– Многие, ох многие. Но это ж какая зависть быть должна, чтобы до смертоубийства дойти… И потом уж больно сложно. Зачем на Майорке это делать, нешто у нас в России мало убивают? Нет, не думаю я, что так это было, не думаю. И зря вы, ребятишки, с этим затеялись, только неприятности наживете, а толку никакого не будет. Ну, поговорили и хватит. Пошли на кухню, надо же гостей кормить.
Хозяйка скрылась на кухне.
– Манечка, – позвала она через минуту, – помоги мне тут немножко.
Маня побежала на зов.
– Дохлятина! – произнес едва слышно Шмаков. – Ахи, охи. Ах, она была такая хорошая, ох, она была такая святая-пресвятая! Лажа все это, полнейшая лажа.

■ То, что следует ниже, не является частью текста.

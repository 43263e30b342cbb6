//! The servers of a unit with all their sessions, which answer from any venue's side.

ghost use Rattle.std.specs.Prelude.{◌≡◌, ◌++◌, ◌∷◌, ◌<◌, [], OnOk, OnErr, IfOk, IsOk, None};
ghost use Rattle.std.specs.Prelude.{is_some, length, true};
ghost use Rattle.unit_packets.specs.Packing.{bytes_in};
ghost use Rattle.session_ends.specs.Events.{Ticked};
ghost use Rattle.venue_end.specs.Servers.{proxy_setup, spin_setup, proxy_says, spin_says};
ghost use Rattle.venue_end.specs.Sessions.{session_of, waiting_in, closed_in, happens_at_all};
ghost use Rattle.venue_end.specs.Came.{VenueState, nothing_came, venue_step, on_gap_line};
ghost use Rattle.venue_end.specs.Came.{Advertised, ProxyMade, ProxyTook, ProxyPut, ProxyCut};
ghost use Rattle.venue_end.specs.Came.{SpinMade, SpinTook, SpinPumped, SpinPut, SpinCut};
ghost use Rattle.venue_end.specs.Came.{Second, AllCut};
ghost use Rattle.venue_end.specs.Stands.{BudgetIs, ServersAre};
ghost use Rattle.venue_end.specs.Feeding.{left_in, runs_on};
ghost use Rattle.venue_end.specs.layers.Serving.{StillHas, OfServers, OverSide};
ghost use Rattle.venue_end.specs.layers.Serving.{ComesTo, ComesToAndCuts, ServersStay};
ghost use Rattle.venue_end.specs.declared.setup.VenueSetup.{VenueSetup};

use crate::setup::VenueSetup;
use crate::side::VenueSide;
use crate::table::SessionTable;
use grp_session::{GapBudget, GrpServer};
use pitch_fields::OutOfMemory;
use session_ends::{Account, Closed};
use spin_server::SpinServer;
use std::alloc::Global;
use unit_packets::DatagramList;

/// The budget of gap requests of a unit, and the sessions with its proxy and with its Spin Server.
/// Each call does what the call of that name does at a [`VenueEnd`](crate::VenueEnd), whatever the
/// sessions are answered from.
#[derive(Drop)]
pub struct Servers {
    alloc: Global,
    setup: VenueSetup,
    budget: GapBudget,
    proxies: SessionTable<GrpServer>,
    spins: SessionTable<SpinServer>,
}

impl Servers {
    /// Servers to which nothing came yet. They take no memory.
    pub fn make(alloc: Global, setup: &VenueSetup) -> Servers
        ensures { ServersAre setup.now result nothing_came }
    {
        Servers {
            alloc,
            setup: *setup,
            budget: GapBudget::make(setup.second, setup.minute, setup.day),
            proxies: SessionTable::make(alloc),
            spins: SessionTable::make(alloc),
        }
    }

    /// Their unit.
    pub fn unit(&self) -> u8
        ensures { OfServers self.now (λ s now. result ≡ s.unit) }
    {
        self.setup.unit
    }

    // The one account that may log in.
    fn accounts(&self) -> Result<Vec<Account>, OutOfMemory>
        ensures { IfOk result (λ accounts. accounts.items ≡ self.now.setup.account ∷ []) }
    {
        let mut accounts = Vec::new(self.alloc);
        accounts.push(self.setup.account)?;
        Ok(accounts)
    }

    /// A connection with the proxy was made.
    pub fn connect_proxy(&mut self, id: u32) -> Result<(), OutOfMemory>
        ensures stands { OnOk result (ComesTo self.old self.new (ProxyMade id)) }
        ensures err { OnErr result (ServersStay self.old self.new) }
    {
        let accounts = self.accounts()?;
        let server = GrpServer::make(self.alloc, self.setup.unit, accounts, false);
        self.proxies.open(id, server)
    }

    /// Bytes came to the proxy, which answers from the venue's side.
    pub fn take_proxy<M: VenueSide>(
        &mut self,
        id: u32,
        piece: &[u8],
        side: &mut M,
        gap_line: &mut DatagramList,
    ) -> Result<(), OutOfMemory>
        ensures stands { OnOk result (OverSide M.has side.old self.old
            (λ s now. ServersAre s self.new (venue_step s (ProxyTook id piece.now) now))) }
        ensures lines { OnOk result (OverSide M.has side.old self.old
            (λ s now. bytes_in gap_line.new.items ≡ bytes_in gap_line.old.items
            ++ on_gap_line s (ProxyTook id piece.now) now)) }
        ensures side { StillHas M.has side.old side.new }
        ensures err { OnErr result (ComesTo self.old self.new (ProxyCut id)) }
        ensures err_lines { OnErr result (gap_line.new.items ≡ gap_line.old.items) }
        ensures none { OfServers self.old
            (λ s now. session_of id now.proxies ≡ None → IsOk result) }
    {
        let Some(at) = self.proxies.find(id) else {
            return Ok(());
        };
        let place = &mut self.proxies.places[at];
        match side.feed_proxy(
            &mut place.server,
            &mut self.budget,
            piece,
            &mut place.said,
            gap_line,
        ) {
            Ok(()) => Ok(()),
            Err(error) => {
                drop(self.proxies.places.remove(at));
                Err(error)
            }
        }
    }

    /// Whether a session with the proxy has the number.
    pub fn has_proxy(&self, id: u32) -> bool
        ensures { OfServers self.now (λ s now. result ≡ is_some (session_of id now.proxies)) }
    {
        self.proxies.has(id)
    }

    /// What waits to be put to a session with the proxy; nothing where there is none.
    pub fn said_by_proxy(&self, id: u32) -> &[u8]
        ensures { OfServers self.now
            (λ s now. result.now ≡ waiting_in (session_of id now.proxies)) }
    {
        self.proxies.said_to(id)
    }

    /// So many bytes of what waits were put, or all.
    pub fn put_by_proxy(&mut self, id: u32, count: usize)
        ensures stands { ComesTo self.old self.new (ProxyPut id count) }
    {
        self.proxies.put(id, count)
    }

    /// Why the proxy's end of a session closed, or None while it has not, and where there is none.
    pub fn proxy_closed(&self, id: u32) -> Option<Closed>
        ensures { OfServers self.now
            (λ s now. result ≡ closed_in (proxy_setup s) (session_of id now.proxies)) }
    {
        self.proxies.closed(id)
    }

    /// A connection with the proxy has ended, where one had the number.
    pub fn cut_proxy(&mut self, id: u32)
        ensures stands { ComesTo self.old self.new (ProxyCut id) }
    {
        self.proxies.cut(id)
    }

    /// A connection with the Spin Server was made.
    pub fn connect_spin(&mut self, id: u32) -> Result<(), OutOfMemory>
        ensures stands { OnOk result (ComesTo self.old self.new (SpinMade id)) }
        ensures err { OnErr result (ServersStay self.old self.new) }
    {
        let accounts = self.accounts()?;
        let server = SpinServer::make(self.alloc, self.setup.unit, accounts, false);
        self.spins.open(id, server)
    }

    /// Bytes came to the Spin Server, which answers from the venue's side.
    pub fn take_spin<M: VenueSide>(
        &mut self,
        id: u32,
        piece: &[u8],
        side: &mut M,
    ) -> Result<(), OutOfMemory>
        ensures stands { OnOk result (OverSide M.has side.old self.old
            (λ s now. ServersAre s self.new (venue_step s (SpinTook id piece.now) now))) }
        ensures side { StillHas M.has side.old side.new }
        ensures err { OnErr result (ComesTo self.old self.new (SpinCut id)) }
        ensures none { OfServers self.old (λ s now. session_of id now.spins ≡ None → IsOk result) }
    {
        let Some(at) = self.spins.find(id) else {
            return Ok(());
        };
        let place = &mut self.spins.places[at];
        match side.feed_spin(&mut place.server, piece, &mut place.said) {
            Ok(()) => Ok(()),
            Err(error) => {
                drop(self.spins.places.remove(at));
                Err(error)
            }
        }
    }

    /// The Spin Server is asked for the next block of an image. Answers whether it still sends one.
    pub fn pump_spin(&mut self, id: u32) -> Result<bool, OutOfMemory>
        ensures stands { OnOk result (ComesTo self.old self.new (SpinPumped id)) }
        ensures more { IfOk result (λ more. OfServers self.old
            (λ s now. more ≡ runs_on s (session_of id now.spins))) }
        ensures fewer { IfOk result (λ more. more ≡ true
            → left_in id self.new.spins.places.items < left_in id self.old.spins.places.items) }
        ensures err { OnErr result (ServersStay self.old self.new) }
        ensures none { OfServers self.old (λ s now. session_of id now.spins ≡ None → IsOk result) }
    {
        let Some(at) = self.spins.find(id) else {
            return Ok(false);
        };
        self.spins.places[at].pump()
    }

    /// Whether a session with the Spin Server has the number.
    pub fn has_spin(&self, id: u32) -> bool
        ensures { OfServers self.now (λ s now. result ≡ is_some (session_of id now.spins)) }
    {
        self.spins.has(id)
    }

    /// What waits to be put to a session with the Spin Server; nothing where there is none.
    pub fn said_by_spin(&self, id: u32) -> &[u8]
        ensures { OfServers self.now (λ s now. result.now ≡ waiting_in (session_of id now.spins)) }
    {
        self.spins.said_to(id)
    }

    /// So many bytes of what waits were put, or all.
    pub fn put_by_spin(&mut self, id: u32, count: usize)
        ensures stands { ComesTo self.old self.new (SpinPut id count) }
    {
        self.spins.put(id, count)
    }

    /// Why the Spin Server's end of a session closed, or None while it has not, and where there is
    /// none.
    pub fn spin_closed(&self, id: u32) -> Option<Closed>
        ensures { OfServers self.now
            (λ s now. result ≡ closed_in (spin_setup s) (session_of id now.spins)) }
    {
        self.spins.closed(id)
    }

    /// A connection with the Spin Server has ended, where one had the number.
    pub fn cut_spin(&mut self, id: u32)
        ensures stands { ComesTo self.old self.new (SpinCut id) }
    {
        self.spins.cut(id)
    }

    /// The image of all messages was advertised, which has this sequence: every Spin Server is told
    /// of it. After OutOfMemory all sessions are cut.
    pub fn tell(&mut self, sequence: u32) -> Result<(), OutOfMemory>
        ensures stands { OnOk result (OfServers self.old (λ s now. sequence ≡ length now.messages
            → ServersAre s self.new (venue_step s Advertised now))) }
        ensures err { OnErr result (ComesToAndCuts self.old self.new Advertised) }
    {
        match self.spins.tell_all(sequence) {
            Ok(()) => Ok(()),
            Err(error) => {
                self.clear();
                Err(error)
            }
        }
    }

    // A second passes at all servers.
    fn tick_servers(&mut self) -> Result<(), OutOfMemory>
        ensures stands { OnOk result (OfServers self.old (λ s now.
            ServersAre s self.new (record now {
              proxies = happens_at_all (proxy_says s) Ticked now.proxies;
              spins = happens_at_all (spin_says s) Ticked now.spins;
            }))) }
        ensures setup { self.new.setup ≡ self.old.setup }
        ensures budget { self.new.budget ≡ self.old.budget }
    {
        self.proxies.tick_all()?;
        self.spins.tick_all()
    }

    /// A second passes: the budget's next one begins, and every server ticks. After OutOfMemory the
    /// second has passed, and all sessions are cut.
    pub fn second(&mut self) -> Result<(), OutOfMemory>
        ensures stands { OnOk result (ComesTo self.old self.new Second) }
        ensures err { OnErr result (ComesToAndCuts self.old self.new Second) }
    {
        self.budget.tick();
        match self.tick_servers() {
            Ok(()) => Ok(()),
            Err(error) => {
                self.clear();
                Err(error)
            }
        }
    }

    // All sessions end, whatever they are.
    fn clear(&mut self)
        ensures { (s : VenueSetup) (now : VenueState)
            → self.old.setup ≡ s → BudgetIs s self.old.budget now.spent
            → ServersAre s self.new (venue_step s AllCut now) }
    {
        self.proxies.clear();
        self.spins.clear();
    }

    /// All connections have ended.
    pub fn cut_all(&mut self)
        ensures stands { ComesTo self.old self.new AllCut }
    {
        self.clear();
    }
}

Небось наркотой баловалась, с преступным элементом якшалась, вот и прирезали ее.
– Послушай, ты! – вскипел вдруг Никита. – Ты же о ней ничего не знаешь, к тому же она… ее уже нет в живых, а ты о ней гадости говоришь! Не слыхал – о мертвых или хорошо, или ничего!

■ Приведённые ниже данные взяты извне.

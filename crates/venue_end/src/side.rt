//! What the servers of a unit answer from: a market, or whatever else has a journal.

ghost use Rattle.std.specs.Prelude.{◌≡◌, List, OnOk, OnErr};
ghost use Rattle.unit_packets.specs.Packing.{bytes_in};
ghost use Rattle.session_ends.specs.Events.{Event};
ghost use Rattle.grp_session.specs.Budget.{Counted, Spent};
ghost use Rattle.grp_session.specs.Serving.{ProxyStands, Source};
ghost use Rattle.grp_session.specs.layers.Feeding.{Answered};
ghost use Rattle.spin_server.specs.Served.{Served};
ghost use Rattle.spin_server.specs.Serving.{SpinStands};
ghost use Rattle.unit_market.specs.Markets.{Journal, MarketHas};
ghost use Rattle.unit_market.specs.Views.{image_view};
ghost use Rattle.venue_end.specs.Came.{gap_source};
ghost use Rattle.venue_end.specs.layers.Serving.{StillHas, SpinFed};

use grp_session::{GapBudget, GrpServer, look_laws};
use pitch_fields::OutOfMemory;
use spin_server::{SpinServer, image_look_laws};
use unit_market::Market;
use unit_packets::DatagramList;

/// The venue's side of a unit, in which its servers look up what was accepted and advertised.
pub trait VenueSide {
    /// It has all of a journal.
    ghost has: { Self → Journal → Type 0 };

    /// Feeds a session with the proxy. It answers each message from all that was accepted. After
    /// OutOfMemory the budget and the lines are as before.
    fn feed_proxy(
        &mut self,
        server: &mut GrpServer,
        budget: &mut GapBudget,
        piece: &[u8],
        said: &mut Vec<u8>,
        lines: &mut DatagramList,
    ) -> Result<(), OutOfMemory>
        ensures fed { OnOk result ((j : Journal) (es : List (Event Source)) (spent : Spent)
            → has self.old j → ProxyStands server.old es → Counted budget.old spent
            → Answered es piece.now (gap_source j budget.old.limits spent es piece.now)
            server.old server.new (Counted budget.new) said.old.items said.new.items
            (bytes_in lines.old.items) (bytes_in lines.new.items)) }
        ensures setup { server.new.setup ≡ server.old.setup }
        ensures limits { budget.new.limits ≡ budget.old.limits }
        ensures keeps { StillHas has self.old self.new }
        ensures err_budget { OnErr result (budget.new ≡ budget.old) }
        ensures err_lines { OnErr result (lines.new.items ≡ lines.old.items) };

    /// Feeds a session with the Spin Server. It answers each message from all that was accepted and
    /// advertised.
    fn feed_spin(
        &mut self,
        server: &mut SpinServer,
        piece: &[u8],
        said: &mut Vec<u8>,
    ) -> Result<(), OutOfMemory>
        ensures fed { OnOk result ((j : Journal) (es : List (Event (List Served)))
            → has self.old j → SpinStands server.old es → SpinFed es piece.now
            (image_view j.messages j.advertised) server.old server.new said.old.items
            said.new.items) }
        ensures setup { server.new.end.setup ≡ server.old.end.setup }
        ensures keeps { StillHas has self.old self.new };
}

impl VenueSide for Market {
    ghost has = { MarketHas };

    fn feed_proxy(
        &mut self,
        server: &mut GrpServer,
        budget: &mut GapBudget,
        piece: &[u8],
        said: &mut Vec<u8>,
        lines: &mut DatagramList,
    ) -> Result<(), OutOfMemory> {
        look_laws();
        server.feed(piece, budget, Some(&mut *self), said, lines)?;
        Ok(())
    }

    fn feed_spin(
        &mut self,
        server: &mut SpinServer,
        piece: &[u8],
        said: &mut Vec<u8>,
    ) -> Result<(), OutOfMemory> {
        image_look_laws();
        server.feed(piece, &mut *self, said)?;
        Ok(())
    }
}
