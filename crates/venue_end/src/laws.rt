//! A law of all that comes to a venue's end. This function does nothing: what it ensures is proved
//! of the definitions alone.

ghost use Rattle.venue_end.specs.layers.Laws.{ImagesAreTheVenues};

/// Whatever came, every Spin Server saw the venue's messages alone and no sequence past them, nor
/// was one told of a sequence past them.
pub fn images_are_the_venues()
    ensures { ImagesAreTheVenues }
{}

– Да ты что, с пальмы спрыгнул? А если гад помер, так про него уже нельзя сказать, что он гад? Ну и понятия у тебя! Зашибись!
– Ну, понятия у него как раз нормальные, – вступился за двоюродного брата Гошка. – И учти, если женщина говорит про другую женщину одно только хорошее, это неспроста. Значит, покойница действительно была хорошим человеком.

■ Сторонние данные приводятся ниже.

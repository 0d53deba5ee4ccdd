// The answers of an opening: sums over the rows, each times a power of a point, and polynomials through them, as bytes of a reply.
#![tactic(auto)]

ghost use Rattle.std.specs.Prelude.{◌≡◌, ◌+◌, ◌*◌, ◌≤◌, length, drop};
ghost use mathlib.Core.List.{map, flatten};
ghost use Rattle.lists.specs.Pieces.{pieces};
ghost use Rattle.lists.specs.Range.{up_from};
ghost use Rattle.lists.specs.Bytes.{words, bytes_of};
ghost use Rattle.lists.specs.Tabulate.{tabulate};
ghost use Rattle.algebra.specs.Columns.{pow_n};
ghost use Rattle.algebra.specs.Dot.{longest, dots_of};
ghost use Rattle.algebra.specs.Pairs.{points_end};
ghost use Rattle.scheme.specs.Layers.{extended_rows, combination};
ghost use Rattle.scheme.specs.Sizes.{rows, columns, width, most_width};
ghost use Rattle.commitment.specs.Shape.{sizes_in};
ghost use Rattle.lists.specs.Spliced.{spliced};
ghost use Rattle.lent.specs.Witnessed.{witnessed, LaysOut};
ghost use Rattle.column_sums.specs.Sums.{Powers, column_sums};
ghost use Rattle.answers.specs.Answers.{Lined, Combines, batching_over, batching_at, answer_at};

use codec::{put_words, word};
use column_sums::sum_columns;
use commitment::{Shape, column_count, row_count};
use field::{Element, fold, powers};
use interpolation::interpolate_from;
use lent::Witness;
use row_sums::sum_rows;
use sums::{dot, dots};

// Rows of at most so many entries are summed by Horner's rule, which needs no room for sums.
const NARROW: usize = 8;

// The most rows.
const MOST_ROWS: usize = 64;

// The widest row, and up to which width an answer takes small room, since room is cleared at each call.
const WIDEST: usize = 320;

const FEW: usize = 32;

// ---- sums over the rows

// The sum over j of z^j times row j, by Horner's rule. The last row takes the place of what was in `out`.
fn horner(rows: &[u32], mu: usize, z: Element, out: &mut [u32])
    requires { Lined (length out.old) mu rows.now }
    ensures { out.new ≡ combination (length out.old) z.0 (pieces (length out.old) mu rows.now) }
{
    let n = out.len();
    let last = n * (mu - 1);
    fold(out, Element(0), &rows[last..]);
    for j in (0..mu - 1).rev() {
        let from = n * j;
        let to = from + n;
        fold(out, z, &rows[from..to]);
    }
}

// The sum over j of z^j times row j. The weights are the powers of z.
fn combine_tails(weights: &[u32], rows: &[u32], z: Element, out: &mut [u32])
    requires { Lined (length out.old) (length weights.now) rows.now × (weights.now ≡ tabulate (length weights.now) (pow_n z.0)) }
    ensures { out.new ≡ combination (length out.old) z.0 (pieces (length out.old) (length weights.now) rows.now) }
{
    if out.len() <= NARROW {
        horner(rows, weights.len(), z, out);
        return;
    }
    sum_rows(weights, rows, out);
}

// The dot products of the weights with columns that stand one after the other. A single one is done at once.
fn plain_columns(weights: &[u32], columns: &[u32], out: &mut [u32])
    requires { (length weights.now * length out.old ≤ length columns.now) × (length weights.now ≤ longest) }
    ensures { out.new ≡ dots_of weights.now (length out.old) columns.now }
{
    if out.len() == 1 {
        let end = weights.len();
        let sum = dot(weights, &columns[..end]);
        out[0] = sum.0;
        return;
    }
    dots(weights, columns, out);
}

// The sums over the rows of each column. Without blinding rows the columns stand one after the other in the coefficients.
fn combine_columns(s: Shape, weights: &[u32], witness: &Witness<'_>, out: &mut [u32])
    requires { LaysOut (sizes_in s) witness.now × Powers (rows (sizes_in s)) weights.now × (length out.old ≡ columns (sizes_in s)) }
    ensures { out.new ≡ column_sums (sizes_in s) witness.now.coefficients.now witness.now.blinds.now weights.now }
{
    if s.beta == 0 {
        plain_columns(weights, witness.coefficients, out);
        return;
    }
    sum_columns(s, weights, witness, out);
}

// The sums over the rows j of z^j times each entry, column by column, and then times each tail. A row's tails stand one after the other.
fn combine_lent(s: Shape, witness: &Witness<'_>, z: Element, out: &mut [u32])
    requires { Combines (sizes_in s) witness.now × (length out.old ≡ width (sizes_in s)) }
    ensures { out.new ≡ combination (width (sizes_in s)) z.0 (extended_rows (sizes_in s) (witnessed witness.now)) }
{
    let rows = row_count(s);
    let columns = column_count(s);
    let mut weights = [0u32; MOST_ROWS]; // powers of z
    powers(z, &mut weights[..rows]);
    combine_columns(s, &weights[..rows], witness, &mut out[..columns]);
    combine_tails(&weights[..rows], witness.tails, z, &mut out[columns..]);
}

// The batching answer: the mask plus gamma times the polynomial through the rows' sum. One interpolation, since it is linear. `sum` is room for that sum.
fn batching_answer(
    s: Shape,
    first: Element,
    witness: &Witness<'_>,
    mask: &[u32],
    gamma: Element,
    sum: &mut [u32],
    out: &mut [u32],
)
    requires { Combines (sizes_in s) witness.now × (length out.old ≡ width (sizes_in s)) × (first.0 + length out.old ≤ points_end) × (length mask.now ≡ length out.old) × (length sum.old ≡ length out.old) }
    ensures { out.new ≡ batching_over first.0 (length out.old) (extended_rows (sizes_in s) (witnessed witness.now)) mask.now gamma.0 }
{
    combine_lent(s, witness, gamma, sum);
    interpolate_from(first, sum, out);
    fold(out, gamma, mask);
}

// ---- one answer as bytes of the reply

// A batching answer, in room for rows of so many entries.
fn put_batching_in<const N: usize>(
    s: Shape,
    first: Element,
    witness: &Witness<'_>,
    mask: &[u32],
    gamma: Element,
    out: &mut [u8],
    at: usize,
)
    requires { Combines (sizes_in s) witness.now × (length mask.now ≡ width (sizes_in s)) × (first.0 + length mask.now ≤ points_end) × (at + 4 * length mask.now ≤ length out.old) × (length mask.now ≤ N) × (N ≤ most_width) }
    ensures { out.new ≡ spliced at (4 * length mask.now) (bytes_of (batching_over first.0 (length mask.now) (extended_rows (sizes_in s) (witnessed witness.now)) mask.now gamma.0)) out.old }
{
    let n = mask.len();
    let mut sum = [0u32; N];
    let mut answer = [0u32; N];
    batching_answer(
        s,
        first,
        witness,
        mask,
        gamma,
        &mut sum[..n],
        &mut answer[..n],
    );
    put_words(out, at, &answer[..n]);
}

// A batching answer, in small room where it is narrow.
fn put_batching(
    s: Shape,
    first: Element,
    witness: &Witness<'_>,
    mask: &[u32],
    gamma: Element,
    out: &mut [u8],
    at: usize,
)
    requires { Combines (sizes_in s) witness.now × (length mask.now ≡ width (sizes_in s)) × (first.0 + length mask.now ≤ points_end) × (at + 4 * length mask.now ≤ length out.old) }
    ensures { out.new ≡ spliced at (4 * length mask.now) (bytes_of (batching_over first.0 (length mask.now) (extended_rows (sizes_in s) (witnessed witness.now)) mask.now gamma.0)) out.old }
{
    if mask.len() <= FEW {
        put_batching_in::<FEW>(s, first, witness, mask, gamma, out, at);
    } else {
        put_batching_in::<WIDEST>(s, first, witness, mask, gamma, out, at);
    }
}

// An evaluation answer, in room for rows of so many entries.
fn put_answer_in<const N: usize>(
    s: Shape,
    witness: &Witness<'_>,
    n: usize,
    z: Element,
    out: &mut [u8],
    at: usize,
)
    requires { Combines (sizes_in s) witness.now × (n ≡ width (sizes_in s)) × (at + 4 * n ≤ length out.old) × (n ≤ N) × (N ≤ most_width) }
    ensures { out.new ≡ spliced at (4 * n) (bytes_of (combination n z.0 (extended_rows (sizes_in s) (witnessed witness.now)))) out.old }
{
    let mut answer = [0u32; N];
    combine_lent(s, witness, z, &mut answer[..n]);
    put_words(out, at, &answer[..n]);
}

// An evaluation answer, in small room where it is narrow.
fn put_answer(s: Shape, witness: &Witness<'_>, n: usize, z: Element, out: &mut [u8], at: usize)
    requires { Combines (sizes_in s) witness.now × (n ≡ width (sizes_in s)) × (at + 4 * n ≤ length out.old) }
    ensures { out.new ≡ spliced at (4 * n) (bytes_of (combination n z.0 (extended_rows (sizes_in s) (witnessed witness.now)))) out.old }
{
    if n <= FEW {
        put_answer_in::<FEW>(s, witness, n, z, out, at);
    } else {
        put_answer_in::<WIDEST>(s, witness, n, z, out, at);
    }
}

// ---- the answers one after the other

// A batching answer for each challenge of the question, where the challenges stand from `challenges` on.
pub fn put_batchings(
    s: Shape,
    question: &[u8],
    challenges: usize,
    first: Element,
    witness: &Witness<'_>,
    n: usize,
    out: &mut [u8],
    at: usize,
)
    requires { Combines (sizes_in s) witness.now × (n ≡ width (sizes_in s)) × (first.0 + n ≤ points_end) × (length witness.now.masks.now ≡ s.eta * n) × (challenges + 4 * s.eta ≤ length question.now) × (at + 4 * n * s.eta ≤ length out.old) }
    ensures { out.new ≡ spliced at (4 * n * s.eta) (bytes_of (flatten (map (batching_at first.0 n (extended_rows (sizes_in s) (witnessed witness.now)) witness.now.masks.now (words s.eta (drop challenges question.now))) (up_from 0 s.eta)))) out.old }
{
    let eta = s.eta as usize;
    let size = 4 * n;
    for k in 0..eta {
        let gamma = Element(word(question, challenges + 4 * k));
        let from = n * k;
        let to = from + n;
        put_batching(
            s,
            first,
            witness,
            &witness.masks[from..to],
            gamma,
            out,
            at + size * k,
        );
    }
}

// An evaluation answer for each point of the question, where the points stand from `points` on.
pub fn put_answers(
    s: Shape,
    question: &[u8],
    points: usize,
    m: usize,
    witness: &Witness<'_>,
    n: usize,
    out: &mut [u8],
    at: usize,
)
    requires { Combines (sizes_in s) witness.now × (n ≡ width (sizes_in s)) × (points + 4 * m ≤ length question.now) × (at + 4 * n * m ≤ length out.old) }
    ensures { out.new ≡ spliced at (4 * n * m) (bytes_of (flatten (map (answer_at n (extended_rows (sizes_in s) (witnessed witness.now))) (words m (drop points question.now))))) out.old }
{
    let size = 4 * n;
    for p in 0..m {
        let z = Element(word(question, points + 4 * p));
        put_answer(s, witness, n, z, out, at + size * p);
    }
}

– Дурные вы, как я погляжу! Какая женщина? Артистка! Она вам что хочешь сыграет! А сама, может, больше всех ей и завидовала!
– Леха, по-моему, у тебя что-то с головкой! – возмутился Гошка. – Пришел в чужой дом, а сам…
– Не, ты не понял… Я же неконкретно про эту артистку, – спохватился Леха. – Я вообще…
– Вообще? А ты что, со многими артистками знаком? – не без яда поинтересовался Никита.
– Да ладно вам, – примирительно произнес Леха, – чего к словам придираетесь, умные очень, да?
Но тут их позвали на кухню. Кухня была просторная, сверкающая чистотой, а все стены увешаны деревянными досками и досочками. Каких тут только не было! Светлого и темного дерева, резные, расписные, с выжженным рисунком.
– Ух ты, сколько! Это у вас коллекция? – спросил Шмаков.
– Да, вроде коллекции. Первые еще муж мой делал, а потом уж я сама стала покупать, друзья начали дарить, вот и собралось… Да вы садитесь, садитесь!
На столе стояла миска с печеной картошкой, соленые огурчики, квашеная капуста, нарезанный толстыми ломтями черный хлеб.
– Налетай, молодежь!
Просить себя дважды они не заставили и быстро смели угощение. Потом еще пили чай с пряниками. Говорили о многом, но Елены Куценко больше не касались. И вдруг Никита задал вопрос:
– Извините, Людмила Михайловна, а где жила Елена?
– На Большой Никитской, – машинально ответила Людмила Михайловна. – В доме, где магазин «Пышка». Номера я не помню. А зачем тебе?
– Просто спросил…
– А еще у них дача была, говорят, роскошная, я там не бывала. Какой-то поселок для «новых русских», с охраной и… Да бросьте вы, ребята, это не для вас…
– Да-да, конечно, только, если можно, ответьте еще на один вопрос, – тихо попросил Никита.
– Ну, если на один…
– Людмила Михайловна, а у Елены… подруги были?
– Подруги? Были, как не быть.
– Много?
– Не знаю, не спрашивала, а вот две подруги были точно.
– А как их зовут, вы не знаете?
– Знаю, представь себе. Одну зовут Валентина, а вторую Соня. Они манекенщицы. Одна у Зайцева работала.
– Кто? – спросила Маня.
– Соня.
– А фамилия? Фамилии их вы не знаете?
– Чего не знаю, того не знаю. А вот фотографию могу показать.
Людмила Михайловна поднялась из-за стола и ушла в комнату.
– Фотки – это класс! – прошептал Шмаков. – По фоткам мы этих цапель враз отловим.
– Каких цапель? – недоуменно взглянул на друга Гошка.
– Ну, манекенщицы все эти длинноногие, как цапли, – объяснил Леха. – Тощие, мосластые, и чего в них хорошего?
– На вкус, на цвет товарищей нет, – сухо бросил Никита.